The quenching of highly vibrationally excited pyridine through collisions with a 300 K bath of CO2 is investigated using high resolution transient infrared laser spectroscopy. Highly excited pyridine (Evib=37 950 cm−1) is prepared using pulsed ultraviolet (UV) excitation at 266 nm, followed by radiationless coupling to the ground electronic state. Energy gain into CO2 resulting from collisions with highly excited pyridine is probed using transient absorption techniques. Distributions of nascent CO2 rotational populations in both the ground (0000) state and the vibrationally excited (0001) state are determined from early time absorption measurements. Translational energy distributions of the recoiling CO2 in individual rovibrational states are determined through measurement of Doppler-broadened transient line shapes. These experiments investigate the influence of a large permanent dipole moment (μpyridine=2.2 D) on the collisional quenching dynamics of molecules with very large amounts of internal energy. A kinetic model is developed to describe rates for appearance of CO2 states resulting from collisions with excited pyridine as well as for quenching of excited pyridine at early times. These experiments show that collisions resulting in CO2 (0000) are accompanied by substantial excitation in rotation (Trot=1200 K for J=56–82) and translation (Ttrans=2900 K for J=78) while the vibrationally excited CO2 (0001) state has rotational and translational energy distributions near the initial 300 K distributions. Rate constants for the two energy transfer pathways are compared with previously published data on quenching collisions of excited (nonpolar) pyrazine, revealing only minor relative enhancement (∼2) in the vibrational excitation channel in pyridine relaxation. Overall quenching rates for excited pyridine are determined for both CO2 states investigated. These data show that the rotational and translational energy gain in CO2 is much more sensitive to collisional depletion of excited pyridine.

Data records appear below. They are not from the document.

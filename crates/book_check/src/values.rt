//! Operations on trees, each with its value at every set of held paths. An operation whose work would pass a bound isn't made; where the
//! work has none, memory alone may be wanting.
ghost use Rattle.std.specs.Prelude.{◌≡◌, ◌↔◌, true, IfErr, IfOk, if◌then◌else◌};
ghost use Rattle.std.specs.Option.{option_copied};
ghost use Rattle.algebra.specs.Basics.{seq_of, join_of, star_of};
ghost use Rattle.algebra.specs.HeldPaths.{Held, holds_at, renamed as renamed_set};
ghost use Rattle.algebra.specs.Values.{sync_of};
ghost use Rattle.conditions.specs.Conditions.{cond_of, value_of, IsCanonical};
ghost use Rattle.rules.specs.Rules.{AtMost};
ghost use Rattle.book_check.specs.declared.refusal.Refusal.{Refusal};
ghost use Rattle.book_check.specs.Works.{IsUnbounded};

use crate::refusal::Refusal;
use crate::work::{MOST_DEPTH, Work};
use algebra::{Algebra, Basic};
use conditions::{Tree, Trees};
use paths::{Path, Renaming, order};
use std::alloc::Global;
use std::cmp::Ordering;

/// How many pairs of subtrees one operation may visit.
const SMALL: u32 = 1 << 14;

/// Two trees where the first path that either of them tests is held, and then where it isn't.
#[derive(Clone, Copy)]
struct Pairs<'a> {
    first: &'a Tree,
    second: &'a Tree,
    third: &'a Tree,
    fourth: &'a Tree,
}

/// The halves of two trees, by the first path that either of them tests; `None` for two leaves.
#[inline(always)]
fn halves<'a>(t: &'a Tree, u: &'a Tree) -> Option<Pairs<'a>> {
    match (t, u) {
        (Tree::Leaf(_), Tree::Leaf(_)) => None,
        (Tree::Leaf(_), Tree::Test(_, c, d)) => Some(Pairs {
            first: t,
            second: c,
            third: t,
            fourth: d,
        }),
        (Tree::Test(_, a, b), Tree::Leaf(_)) => Some(Pairs {
            first: a,
            second: u,
            third: b,
            fourth: u,
        }),
        (Tree::Test(p, a, b), Tree::Test(q, c, d)) => match order(p, q) {
            Ordering::Less => Some(Pairs {
                first: a,
                second: u,
                third: b,
                fourth: u,
            }),
            Ordering::Equal => Some(Pairs {
                first: a,
                second: c,
                third: b,
                fourth: d,
            }),
            Ordering::Greater => Some(Pairs {
                first: t,
                second: c,
                third: t,
                fourth: d,
            }),
        },
    }
}

/// What is left of `left` after a visit of the pairs of subtrees that an operation on two trees visits; `None` where it is too
/// little, or the pairs go too deep.
fn visited(t: &Tree, u: &Tree, depth: u32, left: u32) -> Option<u32> {
    if depth == 0 {
        return None;
    }
    if left == 0 {
        return None;
    }
    let less = left - 1;
    let Some(pairs) = halves(t, u) else {
        return Some(less);
    };
    let Some(later) = visited(pairs.first, pairs.second, depth - 1, less) else {
        return None;
    };
    visited(pairs.third, pairs.fourth, depth - 1, later)
}

/// Takes the pairs that an operation on the two trees visits from the work, where there is a bound. Refused where they would pass it.
/// Then the visit that told so is taken, so that a book can't ask for many of these.
fn check_small(work: Work<'_>, t: &Tree, u: &Tree) -> Result<(), Refusal>
    ensures { IsUnbounded work.entry → IfErr result (λ e. e ≡ Refusal.NoMemory) }
{
    let Work::Bounded(_) = work else {
        return Ok(());
    };
    match visited(t, u, MOST_DEPTH, SMALL) {
        Some(left) => work.take(SMALL.saturating_sub(left)),
        None => {
            work.take(SMALL)?;
            Err(Refusal::Work)
        }
    }
}

/// Takes the pairs that a look at the two trees visits, which takes no memory. Refused where more than all that is left would be
/// visited. Nothing is tried behind it.
fn check_left(work: Work<'_>, t: &Tree, u: &Tree) -> Result<(), Refusal>
    ensures { IsUnbounded work.entry → IfErr result (λ e. e ≡ Refusal.NoMemory) }
{
    let Work::Bounded(all) = work else {
        return Ok(());
    };
    let most = all.get();
    match visited(t, u, MOST_DEPTH, most) {
        Some(left) => work.take(most.saturating_sub(left)),
        None => Err(Refusal::Work),
    }
}

/// The tree of a basic.
pub fn leaf(basic: Basic) -> Tree
    ensures known { IsCanonical (cond_of result) }
    ensures value { (H : Held) → value_of (cond_of result) H ≡ basic }
{
    Tree::Leaf(basic)
}

/// A copy.
pub(crate) fn copied(alloc: Global, work: Work<'_>, t: &Tree) -> Result<Tree, Refusal>
    requires { IsCanonical (cond_of t.now) }
    ensures known { IfOk result (λ r. IsCanonical (cond_of r)) }
    ensures value { IfOk result (λ r. (H : Held) → value_of (cond_of r) H ≡ value_of (cond_of t.now) H) }
    ensures unbounded { IsUnbounded work.entry → IfErr result (λ e. e ≡ Refusal.NoMemory) }
{
    check_small(work, t, t)?;
    Ok(t.copy(alloc)?)
}

/// The first, then the second.
pub(crate) fn seq(alloc: Global, work: Work<'_>, t: &Tree, u: &Tree) -> Result<Tree, Refusal>
    requires first { IsCanonical (cond_of t.now) }
    requires second { IsCanonical (cond_of u.now) }
    ensures known { IfOk result (λ r. IsCanonical (cond_of r)) }
    ensures value { IfOk result (λ r. (H : Held) →
        value_of (cond_of r) H ≡ seq_of (value_of (cond_of t.now) H) (value_of (cond_of u.now) H)) }
    ensures unbounded { IsUnbounded work.entry → IfErr result (λ e. e ≡ Refusal.NoMemory) }
{
    check_small(work, t, u)?;
    let mut trees = Trees;
    Ok(trees.seq(alloc, t, u)?)
}

/// Either of the two.
pub(crate) fn join(alloc: Global, work: Work<'_>, t: &Tree, u: &Tree) -> Result<Tree, Refusal>
    requires first { IsCanonical (cond_of t.now) }
    requires second { IsCanonical (cond_of u.now) }
    ensures known { IfOk result (λ r. IsCanonical (cond_of r)) }
    ensures value { IfOk result (λ r. (H : Held) →
        value_of (cond_of r) H ≡ join_of (value_of (cond_of t.now) H) (value_of (cond_of u.now) H)) }
    ensures unbounded { IsUnbounded work.entry → IfErr result (λ e. e ≡ Refusal.NoMemory) }
{
    check_small(work, t, u)?;
    let mut trees = Trees;
    Ok(trees.join(alloc, t, u)?)
}

/// Any number of times.
pub(crate) fn star(alloc: Global, work: Work<'_>, t: &Tree) -> Result<Tree, Refusal>
    requires { IsCanonical (cond_of t.now) }
    ensures known { IfOk result (λ r. IsCanonical (cond_of r)) }
    ensures value { IfOk result (λ r. (H : Held) → value_of (cond_of r) H ≡ star_of (value_of (cond_of t.now) H)) }
    ensures unbounded { IsUnbounded work.entry → IfErr result (λ e. e ≡ Refusal.NoMemory) }
{
    check_small(work, t, t)?;
    let mut trees = Trees;
    Ok(trees.star(alloc, t)?)
}

/// Under the lock with this path.
pub(crate) fn sync(alloc: Global, work: Work<'_>, p: &Path, t: &Tree) -> Result<Tree, Refusal>
    requires { IsCanonical (cond_of t.now) }
    ensures known { IfOk result (λ r. IsCanonical (cond_of r)) }
    ensures value { IfOk result (λ r. (H : Held) → value_of (cond_of r) H ≡ sync_of p.now (value_of (cond_of t.now)) H) }
    ensures unbounded { IsUnbounded work.entry → IfErr result (λ e. e ≡ Refusal.NoMemory) }
{
    check_small(work, t, t)?;
    let mut trees = Trees;
    Ok(trees.sync(alloc, p, t)?)
}

/// Under the names that a map has for paths. Where two paths are told apart no more, this takes more than the visit of the tree, so
/// the rules give names to trees in ways of their own.
pub(crate) fn renamed(
    alloc: Global,
    work: Work<'_>,
    map: &Renaming,
    t: &Tree,
) -> Result<Tree, Refusal>
    requires { IsCanonical (cond_of t.now) }
    ensures known { IfOk result (λ r. IsCanonical (cond_of r)) }
    ensures value { IfOk result (λ r. (H : Held) → value_of (cond_of r) H ≡ value_of (cond_of t.now) (renamed_set map.now H)) }
    ensures unbounded { IsUnbounded work.entry → IfErr result (λ e. e ≡ Refusal.NoMemory) }
{
    check_small(work, t, t)?;
    let mut trees = Trees;
    Ok(trees.rename(alloc, map, t)?)
}

/// The first where there is a path and it is held, else the second.
pub(crate) fn held_or(
    alloc: Global,
    work: Work<'_>,
    name: Option<&Path>,
    t: &Tree,
    u: &Tree,
) -> Result<Tree, Refusal>
    requires first { IsCanonical (cond_of t.now) }
    requires second { IsCanonical (cond_of u.now) }
    ensures known { IfOk result (λ r. IsCanonical (cond_of r)) }
    ensures value { IfOk result (λ r. (H : Held) → value_of (cond_of r) H ≡
        (if holds_at (option_copied name.entry) H then value_of (cond_of t.now) H else value_of (cond_of u.now) H)) }
    ensures unbounded { IsUnbounded work.entry → IfErr result (λ e. e ≡ Refusal.NoMemory) }
{
    check_small(work, t, u)?;
    let Some(path) = name else {
        return copied(alloc, work, u);
    };
    let mut trees = Trees;
    Ok(trees.held_or(alloc, path, t, u)?)
}

/// Whether the first is at most the second at every set.
pub fn below(work: Work<'_>, t: &Tree, u: &Tree) -> Result<bool, Refusal>
    requires first { IsCanonical (cond_of t.now) }
    requires second { IsCanonical (cond_of u.now) }
    ensures below { IfOk result (λ b. (b ≡ true) ↔ ((H : Held) → AtMost (value_of (cond_of t.now) H) (value_of (cond_of u.now) H))) }
    ensures unbounded { IsUnbounded work.entry → IfErr result (λ e. e ≡ Refusal.NoMemory) }
{
    check_left(work, t, u)?;
    Ok(Trees.below(t, u))
}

The influence of permanent dipole moments on second harmonic generation in asymmetric semiconductor quantum wells

The influence of permanent dipole moments on intersubband double resonance second harmonic generation in asymmetric quantum wells is analyzed. It is found that in realistic QWs matched for 10.6 μm pump the permanent dipole moments may have modest to significant influence on the conversion efficiency, especially at higher pump powers. At longer wavelengths, however, their influence increases, and should be taken into account in modeling the device performance.